**Action item:** Scan the records for the string "OutOfMemory" and copy every line that holds it.

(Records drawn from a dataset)
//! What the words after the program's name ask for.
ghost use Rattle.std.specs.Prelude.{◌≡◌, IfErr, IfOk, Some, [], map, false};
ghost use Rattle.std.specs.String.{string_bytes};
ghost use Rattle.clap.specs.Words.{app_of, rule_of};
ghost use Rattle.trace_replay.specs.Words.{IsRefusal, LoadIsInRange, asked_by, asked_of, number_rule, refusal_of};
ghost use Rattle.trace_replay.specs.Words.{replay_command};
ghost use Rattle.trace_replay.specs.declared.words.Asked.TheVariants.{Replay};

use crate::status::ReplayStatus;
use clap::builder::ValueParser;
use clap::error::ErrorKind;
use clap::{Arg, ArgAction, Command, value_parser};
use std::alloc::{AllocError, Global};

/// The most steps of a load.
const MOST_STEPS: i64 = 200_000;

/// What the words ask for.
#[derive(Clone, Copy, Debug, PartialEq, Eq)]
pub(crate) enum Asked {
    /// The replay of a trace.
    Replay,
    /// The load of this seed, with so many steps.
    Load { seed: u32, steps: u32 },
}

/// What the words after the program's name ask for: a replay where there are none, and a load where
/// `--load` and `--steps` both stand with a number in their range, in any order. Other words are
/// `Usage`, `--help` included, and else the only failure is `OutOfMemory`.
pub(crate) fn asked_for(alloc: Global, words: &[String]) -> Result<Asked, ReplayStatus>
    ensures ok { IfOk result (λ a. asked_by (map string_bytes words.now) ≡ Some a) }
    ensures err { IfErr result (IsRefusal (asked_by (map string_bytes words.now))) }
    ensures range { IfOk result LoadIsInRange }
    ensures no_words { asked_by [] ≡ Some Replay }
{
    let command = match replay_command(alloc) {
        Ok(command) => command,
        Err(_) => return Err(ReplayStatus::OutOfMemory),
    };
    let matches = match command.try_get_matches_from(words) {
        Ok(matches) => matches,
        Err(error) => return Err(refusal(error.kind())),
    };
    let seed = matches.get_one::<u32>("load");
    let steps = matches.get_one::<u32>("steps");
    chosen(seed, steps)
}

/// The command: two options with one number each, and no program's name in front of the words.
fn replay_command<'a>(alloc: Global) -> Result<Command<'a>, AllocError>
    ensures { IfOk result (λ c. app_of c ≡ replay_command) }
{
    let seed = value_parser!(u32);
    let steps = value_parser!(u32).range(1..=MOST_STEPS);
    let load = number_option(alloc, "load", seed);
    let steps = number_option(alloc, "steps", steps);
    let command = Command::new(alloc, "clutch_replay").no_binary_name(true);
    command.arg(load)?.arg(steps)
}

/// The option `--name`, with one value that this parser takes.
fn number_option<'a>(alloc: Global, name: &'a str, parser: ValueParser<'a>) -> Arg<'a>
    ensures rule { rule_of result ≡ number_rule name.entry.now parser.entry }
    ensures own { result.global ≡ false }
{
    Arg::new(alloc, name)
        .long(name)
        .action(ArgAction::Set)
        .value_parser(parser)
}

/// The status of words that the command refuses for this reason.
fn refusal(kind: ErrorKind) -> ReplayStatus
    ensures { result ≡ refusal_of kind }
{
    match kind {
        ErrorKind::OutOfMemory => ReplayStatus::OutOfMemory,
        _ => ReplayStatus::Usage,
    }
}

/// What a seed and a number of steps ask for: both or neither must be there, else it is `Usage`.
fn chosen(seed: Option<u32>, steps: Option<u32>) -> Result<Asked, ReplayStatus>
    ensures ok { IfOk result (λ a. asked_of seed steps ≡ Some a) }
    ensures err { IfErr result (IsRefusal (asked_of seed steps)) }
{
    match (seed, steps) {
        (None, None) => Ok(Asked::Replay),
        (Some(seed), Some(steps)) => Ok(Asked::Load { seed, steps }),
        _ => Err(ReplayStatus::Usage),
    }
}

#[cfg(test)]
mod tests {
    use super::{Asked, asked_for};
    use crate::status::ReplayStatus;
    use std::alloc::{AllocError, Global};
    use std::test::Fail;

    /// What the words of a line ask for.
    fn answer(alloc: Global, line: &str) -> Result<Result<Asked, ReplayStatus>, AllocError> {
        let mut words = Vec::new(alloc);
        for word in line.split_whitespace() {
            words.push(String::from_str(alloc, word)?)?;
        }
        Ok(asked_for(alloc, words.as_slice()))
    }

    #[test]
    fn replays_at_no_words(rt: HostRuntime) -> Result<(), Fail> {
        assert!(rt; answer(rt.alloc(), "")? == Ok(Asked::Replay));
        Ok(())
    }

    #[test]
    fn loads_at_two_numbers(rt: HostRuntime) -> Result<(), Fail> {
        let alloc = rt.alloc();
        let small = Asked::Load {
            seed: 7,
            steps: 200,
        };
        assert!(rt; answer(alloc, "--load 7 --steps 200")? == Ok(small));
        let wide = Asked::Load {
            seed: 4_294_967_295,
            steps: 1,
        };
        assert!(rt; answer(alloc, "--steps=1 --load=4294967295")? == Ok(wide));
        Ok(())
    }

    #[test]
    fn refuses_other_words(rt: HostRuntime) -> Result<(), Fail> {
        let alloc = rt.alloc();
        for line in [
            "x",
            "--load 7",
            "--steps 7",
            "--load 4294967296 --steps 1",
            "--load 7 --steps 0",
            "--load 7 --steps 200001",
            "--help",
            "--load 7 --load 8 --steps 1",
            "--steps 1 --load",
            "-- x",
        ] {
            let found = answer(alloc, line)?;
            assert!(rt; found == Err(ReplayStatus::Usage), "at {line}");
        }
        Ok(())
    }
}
==
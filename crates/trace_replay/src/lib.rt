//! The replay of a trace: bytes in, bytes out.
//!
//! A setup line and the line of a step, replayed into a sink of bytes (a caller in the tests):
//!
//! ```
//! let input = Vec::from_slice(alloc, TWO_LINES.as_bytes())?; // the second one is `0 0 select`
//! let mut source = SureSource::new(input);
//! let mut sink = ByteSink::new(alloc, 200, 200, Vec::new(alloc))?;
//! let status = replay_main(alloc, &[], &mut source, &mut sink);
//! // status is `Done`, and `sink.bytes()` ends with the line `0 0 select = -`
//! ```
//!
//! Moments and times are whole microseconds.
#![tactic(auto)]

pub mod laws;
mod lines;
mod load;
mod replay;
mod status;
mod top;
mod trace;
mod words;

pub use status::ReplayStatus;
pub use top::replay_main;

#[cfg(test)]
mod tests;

**Task result:**
/// `Usage`, `--help` included, and else the only failure is `OutOfMemory`.
        Err(_) => return Err(ReplayStatus::OutOfMemory),
        ErrorKind::OutOfMemory => ReplayStatus::OutOfMemory,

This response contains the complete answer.